Fluid - Free Site Specific Browser for Mac OS X Leopard: This is like Prism for Firefox.

[…] Site Specific Browsers (SSBs) provide a great solution for your WebApp woes. Using Fluid, you can create SSBs to run each of your favorite WebApps as a separate Cocoa desktop application. Fluid gives any WebApp a home on your Mac OS X desktop complete with Dock icon, standard menu bar, logical separation from your other web browsing activity, and many, many other goodies.

“SSB” is fast becoming a semi-official acronym for “Site Specific Browser,” although the next step along that line is for that browser to allow the site to have some special functionality or access to the parent system.

For much more on this theory, see “Owning the Container” from a few years back.


Oct 10

A-Space

CIA, Intelligence Community to Adapt Social Media via “A-Space”: On the heels of Intellipedia comes A-Space, MySpace for the intelligence community. James Bond wants to friend you…

All jokes aside, it is apparent that even government understands the increasing importance of social media and how it can benefit organizations seeking to collaborate more. The national intelligence community has oft been criticized for its inability to communicate between bodies, so this seems like a natural step.


Oct 8

Virtual Movable Type

Review: Movable Type Goes Virtuals: Movable Type has made an “MT Appliance” as a VMWare instance.

Virtual Movable Type turns installation into a four-step process: download the virtual appliance from either JumpBox or Six Apart, unzip it on the computer, open the configuration file (.vmx for VMware Player) inside the appropriate virtualization environment, and point a Web browser to the VM’s IP address to get to the configuration page. Enter a machine name for the VM, an administrator e-mail and password, and the time zone information. […]

The actual virtual machine image is called JumpBox.

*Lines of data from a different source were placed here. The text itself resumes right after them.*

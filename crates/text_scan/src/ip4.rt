//! IPv4 addresses in text.

ghost use Rattle.std.specs.Prelude.{◌≡◌, ◌≤◌, [], ◌∷◌, if◌then◌else◌, length, take, drop};
ghost use Rattle.text_scan.specs.Digits.{place_value};
ghost use Rattle.text_scan.specs.Ip4.{address_of, ip4_of, is_ip4_group};
ghost use Rattle.text_scan.specs.Ip4Text.{ip4_spelling};

use crate::digits::{group_value, put_groups};
use crate::text_parts::{split_in_two, split_once};

/// The IPv4 address that the whole text spells: four groups of one to three decimal digits, each at
/// most 255, parted by `.`. Leading zeros are accepted, and the first group is the most significant
/// byte.
///
/// None exactly where the text has another form. It takes no memory. Source: RFC 791, section 3.2,
/// for the address; RFC 1123, section 2.1, for its dotted form.
pub fn ip4_text(bytes: &[u8]) -> Option<u32>
    ensures { result ≡ ip4_of bytes.now }
{
    let (first, rest) = split_once(bytes, b'.')?;
    let (second, rest) = split_once(rest, b'.')?;
    let (third, fourth) = split_in_two(rest, b'.')?;
    address_of(first, second, third, fourth)
}

/// The address whose bytes four groups spell, the most significant first.
fn address_of(first: &[u8], second: &[u8], third: &[u8], fourth: &[u8]) -> Option<u32>
    ensures { result ≡ address_of (first.now ∷ second.now ∷ third.now ∷ fourth.now ∷ []) }
{
    Some(u32::from_be_bytes([
        group_byte(first)?,
        group_byte(second)?,
        group_byte(third)?,
        group_byte(fourth)?,
    ]))
}

/// The byte that a group spells: one to three decimal digits, at most 255.
fn group_byte(text: &[u8]) -> Option<u8>
    ensures { result ≡ (if is_ip4_group text.now then Some (place_value 10 text.now) else None) }
{
    u8::try_from(group_value(text, 10, 3)?).ok()
}

/// Prints an IPv4 address in its dotted form, without leading zeros, and gives the length of the
/// text.
///
/// The text has at most 15 bytes and stands at the beginning of `into`; the bytes after it stay as
/// they are. It refuses nothing and takes no memory. Source: RFC 1123, section 2.1.
pub fn put_ip4(value: u32, into: &mut [u8; 40]) -> usize
    ensures len { result ≡ length (ip4_spelling value) }
    ensures fits { result ≤ 15 }
    ensures text { take result into.new ≡ ip4_spelling value }
    ensures after { drop result into.new ≡ drop result into.old }
{
    let [a, b, c, d] = value.to_be_bytes();
    let groups = [u16::from(a), u16::from(b), u16::from(c), u16::from(d)];
    put_groups(&groups, 10, b'.', into)
}
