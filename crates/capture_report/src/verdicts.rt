//! The walks of the keys of a batch, one family after the other.

ghost use Rattle.std.specs.Prelude.{◌≡◌, ◌+◌, ◌*◌, ◌≤◌, ◌++◌, [], All, length, map, take};
ghost use Rattle.std.specs.Prelude.{not, true};
ghost use Rattle.flat_table.specs.Batch.{LengthsFit, keys_in, batch_transitions, batch_verdicts};
ghost use Rattle.scalar_walk.specs.Rows.{batch_winners};
ghost use Rattle.capture_report.specs.Taken.{max_batch};
ghost use Rattle.capture_report.specs.Packet.{IsPacket};
ghost use Rattle.capture_report.specs.Batch.{is_of, keys_of, number_of, verdicts_of};
ghost use Rattle.capture_report.specs.Batch.{transitions_of_family, max_transitions, table_of};
ghost use Rattle.capture_report.specs.Batch.{HasMarks};
ghost use Rattle.capture_report.specs.declared.verdicts.TheConstants.{BATCH_KEYS, BATCH_VERDICTS};

use crate::batch::MAX_BATCH;
use crate::form::FormByTables;
use crate::packet::Packet;
use acl_report::MAX_VERDICTS;
use batch_walk::{classify_by, classify_marked};
use field_defs::Family;
use flat_table::{Steps, Table};
use flow_core::Scratch;
use header_extract::Class;
use std::sync::ledger::Ledger;
use table_sizes::IP6_KEY_LEN;

/// How many bytes the keys of a batch have at most.
pub const BATCH_KEYS: usize = MAX_BATCH * IP6_KEY_LEN;

/// How many verdicts there are on the packets of a batch at most.
pub const BATCH_VERDICTS: usize = MAX_BATCH * MAX_VERDICTS;

/// What the walks of the keys of a family came to.
#[derive(Clone, Copy)]
pub struct FamilyVerdicts {
    /// How many packets are of the family.
    pub packets: usize,
    /// How many verdicts were written.
    pub verdicts: usize,
    /// How many transitions the walks took.
    pub transitions: u64,
}

/// Walks the keys of the packets of a family through its table, and writes their verdicts to the
/// front of `verdicts`, those of one packet after those of another. Where the form asks for marks,
/// the same walk says which dashes are shown, in the same places of `dashes`.
///
/// There are at most 64 packets, and at most `most` are of the family: where that is 0, none is
/// looked at. `keys` has room for their keys, [`BATCH_KEYS`] bytes, and `scratch` has a row for
/// each, which are overwritten; `verdicts` and `dashes` have [`BATCH_VERDICTS`] elements. Whichever
/// walk the form asks for, the verdicts, the dashes and the transitions are the same. It takes no
/// memory.
pub fn walk_keys<L: Ledger>(
    form: &FormByTables<'_>,
    family: Family,
    packets: &[Packet],
    most: usize,
    keys: &mut [u8],
    scratch: &mut Scratch,
    verdicts: &mut [u32],
    dashes: &mut [bool],
    steps: &mut Steps<L>,
) -> FamilyVerdicts
    requires few { length packets.now ≤ max_batch }
    requires packets { All IsPacket packets.now }
    requires most { number_of family packets.now ≤ most }
    requires keys { BATCH_KEYS ≤ length keys.old }
    requires rows { max_batch ≤ length scratch.old }
    requires verdicts { length verdicts.old ≡ BATCH_VERDICTS }
    requires dashes { length dashes.old ≡ BATCH_VERDICTS }
    ensures packets { result.packets ≡ number_of family packets.now }
    ensures within { result.verdicts ≤ BATCH_VERDICTS }
    ensures verdicts { take result.verdicts verdicts.new ≡ verdicts_of family
        (table_of family form.now.tables) form.now.categories packets.now }
    ensures dashes { HasMarks family form.now packets.now (take result.verdicts dashes.new) }
    ensures transitions { result.transitions
        ≡ transitions_of_family family (table_of family form.now.tables) packets.now }
    ensures bound { result.transitions ≤ length packets.now * max_transitions }
    ensures steps { steps.new ≡ steps.old + result.transitions }
    ensures len { (length verdicts.new ≡ BATCH_VERDICTS) × (length dashes.new ≡ BATCH_VERDICTS) }
    ensures room { (length keys.new ≡ length keys.old) × (length scratch.new ≡ length scratch.old) }
{
    let (table, categories) = (form.table(family), form.categories());
    let own = gather_keys(family, packets, most, keys);
    let count = own.packets * categories.count();
    let (out, marks) = (&mut verdicts[..count], &mut dashes[..count]);
    FamilyVerdicts {
        packets: own.packets,
        verdicts: count,
        transitions: classify(form, table, &keys[..own.bytes], scratch, out, marks, steps),
    }
}

/// Walks the keys of a batch once, writes their verdicts, and where the form asks for marks beside
/// each whether no rule wins. It says how many transitions the walks took.
fn classify<L: Ledger>(
    form: &FormByTables<'_>,
    table: &Table,
    keys: &[u8],
    scratch: &mut Scratch,
    out: &mut [u32],
    marks: &mut [bool],
    steps: &mut Steps<L>,
) -> u64
    requires fits { LengthsFit table.now keys.now form.now.categories (length out.old) }
    requires rows { keys_in table.now keys.now ≤ length scratch.old }
    requires marks { length marks.old ≡ length out.old }
    ensures verdicts { out.new ≡ batch_verdicts table.now form.now.categories keys.now }
    ensures marks { form.now.marks ≡ true
        → marks.new ≡ map not (batch_winners table.now form.now.categories keys.now) }
    ensures len { length marks.new ≡ length marks.old }
    ensures taken { result ≡ batch_transitions table.now keys.now }
    ensures steps { steps.new ≡ steps.old + batch_transitions table.now keys.now }
    ensures rows { length scratch.new ≡ length scratch.old }
{
    let (walk, categories) = (form.walk(), form.categories());
    if !form.has_marks() {
        return classify_by(walk, table, keys, categories, scratch, out, steps);
    }
    let taken = classify_marked(walk, table, keys, categories, scratch, out, marks, steps);
    turn_over(marks);
    taken
}

/// Makes each mark its contrary.
fn turn_over(marks: &mut [bool])
    ensures { marks.new ≡ map not marks.old }
{
    for place in 0..marks.len() {
        marks[place] = !marks[place];
    }
}

/// How many packets of a family were gathered, and how many bytes their keys have.
#[derive(Clone, Copy)]
struct Gathered {
    packets: usize,
    bytes: usize,
}

/// Writes the keys of the packets of a family, of which there are so many at most, to the front of
/// `keys`, one after the other.
fn gather_keys(family: Family, packets: &[Packet], most: usize, keys: &mut [u8]) -> Gathered
    requires few { length packets.now ≤ max_batch }
    requires packets { All IsPacket packets.now }
    requires most { number_of family packets.now ≤ most }
    requires room { BATCH_KEYS ≤ length keys.old }
    ensures count { result.packets ≡ number_of family packets.now }
    ensures few { result.packets ≤ length packets.now }
    ensures within { result.bytes ≤ length keys.old }
    ensures keys { take result.bytes keys.new ≡ keys_of family packets.now }
    ensures len { length keys.new ≡ length keys.old }
{
    // In most captures all packets are of one family, and the other has nothing to gather.
    if most == 0 {
        return Gathered {
            packets: 0,
            bytes: 0,
        };
    }
    // Each family has a call of its own, in which the length of a key is settled.
    match family {
        Family::Ip4 => gather_each(Family::Ip4, packets, keys),
        Family::Ip6 => gather_each(Family::Ip6, packets, keys),
    }
}

/// The same, where the family is known when this is compiled.
#[inline(always)]
fn gather_each(family: Family, packets: &[Packet], keys: &mut [u8]) -> Gathered
    requires few { length packets.now ≤ max_batch }
    requires packets { All IsPacket packets.now }
    requires room { BATCH_KEYS ≤ length keys.old }
    ensures count { result.packets ≡ number_of family packets.now }
    ensures few { result.packets ≤ length packets.now }
    ensures within { result.bytes ≤ length keys.old }
    ensures keys { take result.bytes keys.new ≡ keys_of family packets.now }
    ensures len { length keys.new ≡ length keys.old }
{
    let (mut count, mut end) = (0, 0);
    for packet in packets {
        if is_of(family, packet.class()) {
            end = packet.put_key(keys, end);
            count += 1;
        }
    }
    Gathered {
        packets: count,
        bytes: end,
    }
}

/// Whether a frame holds a packet of the family.
fn is_of(family: Family, class: Class) -> bool
    ensures { result ≡ is_of family class }
{
    match family {
        Family::Ip4 => matches!(class, Class::Ip4),
        Family::Ip6 => matches!(class, Class::Ip6),
    }
}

This is the container server—it is running a fairly recent Linux kernel (2.6.x) and has all the required software preinstalled. The software includes the Apache Web server, Perl and PHP with appropriate modules (such as CGI, DB, and SOAP::Lite), MySQL, and the Movable Type software. The JumpBox appliance handles all the port configurations, such as opening up ports 80, 443 and 3000 for Apache. The appliance also sets up the MySQL database and configures the system appropriately so that the Movable Type software can read and write to the tables.